Capítulo 14
Mary Anne despertó con un mal sabor de boca y un dolor lacerante en su cabeza. Recordaba todo lo de la noche anterior, incluso, recuerda a su padre muy molesto con ella.
―Levántese, Mary Anne ―ordenó la madre, acercándose a la cama.
―Madre, ¿qué hace aquí?
―Esperando como santa a que usted se despierte, su padre la espera en el despacho.
―Madre, si es por lo de anoche...
―No me diga nada, a su padre le debe las excusas necesarias ―respondió la mujer con sequedad.
―¿Qué pasa, madre?
―Pasa que con su padre estamos hartos de sus desplantes, de sus caprichos de niña mimada, no puede ser que a mitad de la fiesta, incluso antes de cenar, usted ya estuviera borracha dando un espectáculo con su novio. No, Mary Anne, esto ha llegado muy lejos.
―Madre, puedo explicar...
―Las explicaciones a su padre, ya se lo dije, yo no tengo una hija libertina, mucho menos una borracha.
―¡Madre!
―No quiero hablar más con usted, baje lo antes posible, ya cumplí con la ingrata labor que me encomendó su padre.
―Podría haber enviado a Margarita, si tanto le molestaba verme.
―La esperamos abajo ―dijo sin responder.
Mary Anne se levantó con gran dificultad por el dolor de cabeza. Extrañó a su nana que siempre la ayudaba, pero sabía que si con algo la castigaba su padre, era con ella.
Cuando llegó abajo, su padre la esperaba a la entrada del despacho. Ella se paró a unos pasos de él, pero el hombre no hizo amago alguno de entrar, al contrario, caminó hacia la parte trasera de la casa. Mary Anne se extrañó, pero no dijo nada, simplemente lo siguió, no sabía qué pasaba, ella se esperó encontrar con un sermón, incluso, con algún tipo de reprimenda o castigo físico, pero ¿esto? No sabía qué pasaba.

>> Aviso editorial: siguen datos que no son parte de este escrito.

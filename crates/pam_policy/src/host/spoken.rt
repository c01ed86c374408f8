//! The places of which a rule speaks, and their classes.

ghost use Rattle.std.specs.Prelude.{◌≡◌, ◌++◌, ◌∷◌, [], IfOk, OnOk, if◌then◌else◌, map};
ghost use Rattle.pam_policy.specs.host.Places.{place_view, speaks_of, spoken_classes, spoken_positions, with_class};
ghost use Rattle.pam_policy.specs.text.Rules.{rule_view};

use crate::host::place::{Place, speaks_of};
use crate::text::Rule;
use indexmap::IndexSet;
use std::alloc::{AllocError, Global};

/// The places of which a rule speaks.
#[derive(Drop)]
pub(crate) struct Spoken {
    /// Their positions among all places.
    pub(crate) places: Vec<usize>,
    /// Their classes, in the order of their first places.
    pub(crate) classes: IndexSet<usize>,
}

impl Spoken {
    /// Adds the place at a position, if a rule speaks of it.
    fn add(&mut self, rule: &Rule<'_>, position: usize, place: &Place<'_>) -> Result<(), AllocError>
        ensures places { OnOk result (self.new.places.items
            ≡ (if speaks_of (rule_view rule.now) (place_view place.now) then self.old.places.items ++ position ∷ [] else self.old.places.items)) }
        ensures classes { OnOk result (self.new.classes.keys
            ≡ (if speaks_of (rule_view rule.now) (place_view place.now) then with_class self.old.classes.keys place.now.class else self.old.classes.keys)) }
    {
        if speaks_of(rule, place) {
            self.places.push(position)?;
            self.classes.insert(place.class)?;
        }
        Ok(())
    }

    pub(crate) fn of(
        alloc: Global,
        places: &[Place<'_>],
        rule: &Rule<'_>,
    ) -> Result<Spoken, AllocError>
        ensures places { IfOk result (λ spoken. spoken.places.items ≡ spoken_positions (rule_view rule.now) (map place_view places.now)) }
        ensures classes { IfOk result (λ spoken. spoken.classes.keys ≡ spoken_classes (rule_view rule.now) (map place_view places.now)) }
    {
        let mut spoken = Spoken {
            places: Vec::new(alloc),
            classes: IndexSet::new(alloc),
        };
        for (position, place) in places.iter().enumerate() {
            spoken.add(rule, position, place)?;
        }
        Ok(spoken)
    }
}
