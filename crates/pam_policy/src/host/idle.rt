//! P5: rules that say nothing of the stacks of a host.

ghost use Rattle.std.specs.Prelude.{◌≡◌, ◌↔◌, All, IfErr, IfOk, IsTrue, map};
ghost use Rattle.std.specs.List.{list_all};
ghost use Rattle.pam_policy.specs.host.Idle.{IsIdle, SaysIdle, is_about, is_about_ending, is_about_events, is_certain};
ghost use Rattle.pam_policy.specs.host.Reports.{SaysOfClass};
ghost use Rattle.pam_policy.specs.host.Stacks.{HaveGraphs, site_of, stacks_view};
ghost use Rattle.pam_policy.specs.host.inner.Idle.{CanBeAmong, CanBeAt, holds};
ghost use Rattle.pam_policy.specs.rules.Judging.{IsReason};
ghost use Rattle.pam_policy.specs.text.Sentences.{sentence_view};

use crate::host::place::Stacks;
use crate::host::report::ClassReport;
use crate::rules::{JudgeError, Verdict, can_end, can_happen};
use crate::text::{Ending, Sentence};
use std::alloc::Global;

/// How a rule says nothing of a host.
#[derive(Clone, Copy, Debug, PartialEq, Eq)]
pub enum Idle {
    /// The events that it is about can happen in none of its stacks: those after `with`, or those after `before`.
    CannotHappen,
    /// None of its stacks can end as it says.
    CannotEnd,
}

fn is_certain(ending: Ending) -> bool
    ensures { result ≡ is_certain ending }
{
    !matches!(ending, Ending::Ends)
}

fn is_about_events(sentence: &Sentence<'_>) -> bool
    ensures { result ≡ is_about_events (sentence_view sentence.now) }
{
    match sentence {
        Sentence::Never(condition) => {
            condition.with.is_some()
                && (is_certain(condition.ending) || condition.without.is_some())
        }
        Sentence::Can(_) => false,
        Sentence::Before(_, _) => true,
    }
}

fn is_about_ending(sentence: &Sentence<'_>) -> bool
    ensures { result ≡ is_about_ending (sentence_view sentence.now) }
{
    match sentence {
        Sentence::Never(condition) => {
            is_certain(condition.ending)
                && (condition.with.is_some() || condition.without.is_some())
        }
        Sentence::Can(_) | Sentence::Before(_, _) => false,
    }
}

/// Whether a rule could say nothing in this way: it is about events that happen, or about how stacks end.
fn is_about(way: Idle, sentence: &Sentence<'_>) -> bool
    ensures { result ≡ is_about way (sentence_view sentence.now) }
{
    match way {
        Idle::CannotHappen => is_about_events(sentence),
        Idle::CannotEnd => is_about_ending(sentence),
    }
}

/// Whether what a rule is about can be at a class, as far as that is known.
fn can_be_at(
    alloc: Global,
    stacks: &Stacks<'_, '_>,
    sentence: &Sentence<'_>,
    way: Idle,
    class: usize,
) -> Result<bool, JudgeError>
    ensures can { HaveGraphs stacks.now.classes.now
        → IfOk result (λ can. IsTrue can ↔ CanBeAt way (site_of (stacks_view stacks.now) class) (sentence_view sentence.now)) }
    ensures reason { IfErr result (IsReason (sentence_view sentence.now)) }
{
    let Some(site) = stacks.site(class) else {
        return Ok(false);
    };
    match way {
        Idle::CannotHappen => can_happen(alloc, site, sentence),
        Idle::CannotEnd => can_end(alloc, site, sentence),
    }
}

/// Whether it can be at one of these classes.
fn can_be_among(
    alloc: Global,
    stacks: &Stacks<'_, '_>,
    sentence: &Sentence<'_>,
    way: Idle,
    classes: &[usize],
) -> Result<bool, JudgeError>
    ensures can { HaveGraphs stacks.now.classes.now
        → IfOk result (λ can. IsTrue can ↔ CanBeAmong way (stacks_view stacks.now) (sentence_view sentence.now) classes.now) }
    ensures reason { IfErr result (IsReason (sentence_view sentence.now)) }
{
    for class in classes {
        let can = can_be_at(alloc, stacks, sentence, way, *class)?;
        if can {
            return Ok(true);
        }
    }
    Ok(false)
}

/// Whether a rule says nothing of these classes in this way.
fn is_idle(
    alloc: Global,
    stacks: &Stacks<'_, '_>,
    sentence: &Sentence<'_>,
    way: Idle,
    classes: &[usize],
) -> Result<bool, JudgeError>
    ensures idle { HaveGraphs stacks.now.classes.now
        → IfOk result (λ idle. IsTrue idle ↔ IsIdle (map (site_of (stacks_view stacks.now)) classes.now) (sentence_view sentence.now) way) }
    ensures reason { IfErr result (IsReason (sentence_view sentence.now)) }
{
    if !is_about(way, sentence) {
        return Ok(false);
    }
    let can = can_be_among(alloc, stacks, sentence, way, classes)?;
    Ok(!can)
}

/// Whether no answers break the rule at a class.
fn holds(report: &ClassReport) -> bool
    ensures { result ≡ holds report.now }
{
    matches!(report.verdict, Some(Verdict::Holds))
}

fn all_hold(reports: &[ClassReport]) -> bool
    ensures { result ≡ list_all holds reports.now }
{
    reports.iter().all(holds)
}

/// How a rule says nothing of these classes, if it does, from what each of them says of it.
///
/// A run that breaks a rule has its events and ends as it says, so this is looked for only where nothing breaks it.
pub(crate) fn idle_of(
    alloc: Global,
    stacks: &Stacks<'_, '_>,
    sentence: &Sentence<'_>,
    classes: &[usize],
    reports: &[ClassReport],
) -> Result<Option<Idle>, JudgeError>
    ensures idle { HaveGraphs stacks.now.classes.now → map (λ report. report.class) reports.now ≡ classes.now
        → All (SaysOfClass (stacks_view stacks.now) (sentence_view sentence.now)) reports.now
        → IfOk result (SaysIdle (map (site_of (stacks_view stacks.now)) classes.now) (sentence_view sentence.now)) }
    ensures reason { IfErr result (IsReason (sentence_view sentence.now)) }
{
    if classes.is_empty() {
        return Ok(None);
    }
    if !all_hold(reports) {
        return Ok(None);
    }
    let cannot_happen = is_idle(alloc, stacks, sentence, Idle::CannotHappen, classes)?;
    if cannot_happen {
        return Ok(Some(Idle::CannotHappen));
    }
    let cannot_end = is_idle(alloc, stacks, sentence, Idle::CannotEnd, classes)?;
    if cannot_end {
        return Ok(Some(Idle::CannotEnd));
    }
    Ok(None)
}
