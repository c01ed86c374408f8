//! Laws of the definitions that the contracts cite: each is the contract of an empty function.

ghost use Rattle.pam_policy.specs.host.Laws.{EachPlaceIsJudged, IdleRuleHolds, SilentRuleHolds};

/// If nothing is found of a rule, the host has what it names, and it holds at each place of which it speaks.
pub fn silence_is_true()
    ensures { SilentRuleHolds }
{}

/// The classes that are judged are those of the places of which a rule speaks, and no others.
pub fn each_place_is_judged()
    ensures { EachPlaceIsJudged }
{}

/// Nothing breaks a rule that says nothing.
pub fn idle_rules_hold()
    ensures { IdleRuleHolds }
{}
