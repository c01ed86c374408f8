//! What the stacks of a host say of a rule.

ghost use Rattle.std.specs.Prelude.{◌≡◌, All, IfErr, IfOk, map};
ghost use Rattle.pam_policy.specs.host.Reports.{IsReport, IsVerdict, SaysOfClass};
ghost use Rattle.pam_policy.specs.host.Stacks.{HaveGraphs, site_of, stacks_view};
ghost use Rattle.pam_policy.specs.names.Host.{host_view};
ghost use Rattle.pam_policy.specs.rules.Judging.{IsReason};
ghost use Rattle.pam_policy.specs.text.Rules.{rule_view};
ghost use Rattle.pam_policy.specs.text.Sentences.{sentence_view};

use crate::host::idle::{Idle, idle_of};
use crate::host::place::Stacks;
use crate::host::spoken::Spoken;
use crate::names::{Host, Misnamed, misnamed};
use crate::rules::{JudgeError, Verdict, judge};
use crate::text::{Rule, Sentence};
use std::alloc::Global;

/// What the stacks of a class say of a rule.
#[derive(Drop)]
pub struct ClassReport {
    pub class: usize,
    /// `None` where nothing is known of the class.
    pub verdict: Option<Verdict>,
}

/// What the stacks of a host say of a rule.
#[derive(Drop)]
pub struct RuleReport {
    /// The positions of the places of which the rule speaks, in their order.
    pub places: Vec<usize>,
    /// What each class of these places says, in the order of their first places.
    pub classes: Vec<ClassReport>,
    /// P5: whether the rule says nothing of these places together.
    pub idle: Option<Idle>,
    /// P3, P4 and P7: the words that name nothing, in the order of these numbers.
    pub misnamed: Vec<Misnamed>,
}

/// What is said of a rule at a class.
fn verdict_at(
    alloc: Global,
    stacks: &Stacks<'_, '_>,
    sentence: &Sentence<'_>,
    class: usize,
) -> Result<Option<Verdict>, JudgeError>
    ensures verdict { HaveGraphs stacks.now.classes.now
        → IfOk result (IsVerdict (site_of (stacks_view stacks.now) class) (sentence_view sentence.now)) }
    ensures reason { IfErr result (IsReason (sentence_view sentence.now)) }
{
    let Some(site) = stacks.site(class) else {
        return Ok(None);
    };
    let verdict = judge(alloc, site, sentence)?;
    Ok(Some(verdict))
}

/// What each of these classes says of a rule.
fn reports_of(
    alloc: Global,
    stacks: &Stacks<'_, '_>,
    sentence: &Sentence<'_>,
    classes: &[usize],
) -> Result<Vec<ClassReport>, JudgeError>
    ensures classes { IfOk result (λ reports. map (λ report. report.class) reports.items ≡ classes.now) }
    ensures verdicts { HaveGraphs stacks.now.classes.now
        → IfOk result (λ reports. All (SaysOfClass (stacks_view stacks.now) (sentence_view sentence.now)) reports.items) }
    ensures reason { IfErr result (IsReason (sentence_view sentence.now)) }
{
    let mut reports = Vec::new(alloc);
    for class in classes {
        let verdict = verdict_at(alloc, stacks, sentence, *class)?;
        reports.push(ClassReport {
            class: *class,
            verdict,
        })?;
    }
    Ok(reports)
}

impl RuleReport {
    /// What the stacks of a host say of a rule. The graph of each site is that of its stack's runs under what it knows.
    ///
    /// A class is judged once, however many places it has. Takes time linear in the places, besides that for each class and for the
    /// words of the rule.
    pub fn of(
        alloc: Global,
        host: &Host<'_>,
        stacks: &Stacks<'_, '_>,
        rule: &Rule<'_>,
    ) -> Result<RuleReport, JudgeError>
        ensures report { HaveGraphs stacks.now.classes.now
            → IfOk result (IsReport (host_view host.now) (stacks_view stacks.now) (rule_view rule.now)) }
        ensures reason { IfErr result (IsReason (sentence_view rule.now.sentence)) }
    {
        let Spoken { places, classes } = Spoken::of(alloc, stacks.places, rule)?;
        let reports = reports_of(alloc, stacks, &rule.sentence, classes.as_slice())?;
        let idle = idle_of(alloc, stacks, &rule.sentence, classes.as_slice(), &reports)?;
        let misnamed = misnamed(alloc, host, rule)?;
        Ok(RuleReport {
            places,
            classes: reports,
            idle,
            misnamed,
        })
    }
}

En silencio llegaron a las caballerizas y allí, atada a un poyo, estaba Margarita, su nana. Mary Anne quiso correr a sacarla de allí, pero su padre la sostuvo con firmeza, evitando que llegara a la mujer.
―¡No, papá! ¡Déjela! ¿Qué es esto? ―preguntó horrorizada la joven.
―Es su castigo, ya que Thomas tiene prohibido tocarla a usted, Margarita recibirá su castigo ―contestó con naturalidad el duque―. Me cansé de sus inconsciencias
―¡No! ―gritó Mary Anne―. ¡Eso es injusto! ¡No puede castigarla a ella! Yo cometí el error.
―¡Basta, Mary Anne! ―El hombre la sacudió con violencia y Mary Anne no pudo evitar llorar, no podía escurrirse de los firmes brazos de su padre, por más que luchó hasta cansarse.
Cuando ella se quedó tranquila, el duque dio la orden de comenzar con los latigazos. El peón rompió en dos el vestido de Margarita dejando su espalda expuesta y comenzó con los latigazos, la mujer se retorcía a cada golpe, pero no emitía gemido alguno. Al contrario de Mary Anne que gritaba, lloraba e intentaba zafarse de los brazos como cadenas del duque.
Al contar los diez latigazos, Mary Anne logró escabullirse de su padre y corrió donde su nana, llorando, pero no alcanzó a llegar, pues un peón que estaba parado cerca, la sostuvo con más firmeza que el mismo padre.
―¡Basta, por favor! ¡Déjenla! ―gritaba sin control―. ¡Por favor, padre, haré lo que me pida, pero basta con esta tortura! ¡Basta!
El duque dio la orden de dar un latigazo más, sin escuchar los ruegos de su hija, pero de la nada, la mano de Thomas Wright detuvo el castigo.
―¿Qué está ocurriendo aquí? ―preguntó fijando su vista en Mary Anne y el hombre que la tenía sometida.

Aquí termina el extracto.